La OMS acaba de alertar del enorme daño, miedo y sufrimiento que la ovid-19 está causando a las personas mayores en todo el mundo, con una tasa de mortalidad para quienes tienen 80 y más años cinco veces mayor que para el resto de la población. Además de lamentar la desatención sanitaria en las residencias, tanta muerte en soledad y tanto duelo en la distancia, se enfatizan otros efectos dañinos, como es el trauma del estigma y la discriminación.

Aunque partimos del desconocimiento global con que se ha actuado en esta pandemia en la que se ha carecido de hoja de ruta para combatirla, sí es momento para profundizar en la reflexión colectiva y analizar qué ha fallado en nuestros sistemas sociosanitarios para tener resultados tan trágicos como el elevado número de muertes en residencias (66% de todas las producidas en España).

Es verdad que los recortes (verdaderamente cruentos los de 2012) disminuyeron considerablemente los recursos técnicos y las ratios profesionales; es verdad que la conjunción entre la velocidad infectiva del virus y la lenta en reaccionar del sistema originó la escasez de EPIs y de productos diagnósticos, provocando el desproporcionado contagio de tantos profesionales; es verdad que algunos hospitales rozaron el colapso... Pero todo eso no justifica que tantas personas mayores y con discapacidad que viven en residencias se hayan visto privadas de medidas epidemiológicas y de la obligada asistencia sanitaria, contraviniendo nuestra propia normativa según la cual estas “tienen derecho a gozar del más alto nivel posible de salud sin discriminación (…) y a que se les preste atención de la misma calidad que a las demás personas”.

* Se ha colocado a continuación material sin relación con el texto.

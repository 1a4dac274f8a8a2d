// The interval that a property is in.
use fix_span::Frac;
use page_model::{Easing, Value};

/// A value on its way to another: by an easing, at a distance from 0 to 1.
#[derive(Clone, Copy, Debug, PartialEq, Eq)]
pub struct Interval {
    pub from: Value,
    pub to: Value,
    pub easing: Easing,
    pub distance: Frac,
}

¿Qué ha pasado mientras en el sistema de servicios sociales, de los que dependen, entre otros, las residencias? Ellas han sido las paganas de la crisis. Han visto impotentes cómo se les ha señalado como culpables de la situación, cuando estos centros carecen de medios y recursos para afrontar una epidemia como esta, que es eminentemente sanitaria, aunque tendrá consecuencias sociales graves.

Error de base

Constituye un error de base haber pedido a las residencias que actuaran frente a la Covid-19 sin tener en cuenta que su función no es la de prevenir, diagnosticar y curar enfermedades (fines del sistema sanitario), sino cuidar y acompañar a las personas (fines del sistema social). Y, aunque es cierto que han aflorado casos de intolerables malas praxis en algunos centros y que ha fallado el control de la Administración, aunque es cierto que se necesitan mayores ratios y más cualificación profesional para poder cuidar y acompañar mejor a las personas, aunque es cierto que se requieren mejores retribuciones y también más reconocimiento a este trabajo, el balance que hacemos es que en la mayoría de las residencias se reaccionó con responsabilidad y vocación de servicio pese a la enorme escasez de recursos con que contaron.

Consideramos relevante insistir a la hora de analizar lo sucedido que hay que separar nítidamente las decisiones que se han adoptado por los responsables de los servicios de la actuación profesional, tanto de sanidad como de servicios sociales. Todos sus equipos han continuado al pie del cañón con enorme responsabilidad y poniendo en peligro su salud y hasta su vida. Los ejemplos de tantos profesionales, extenuados pero impertérritos en su función, su búsqueda improvisada de medidas protectoras, incluidas las de confinarse en las residencias junto a las personas mayores para protegerlas mejor, prueban cada día su compromiso y sentido del deber.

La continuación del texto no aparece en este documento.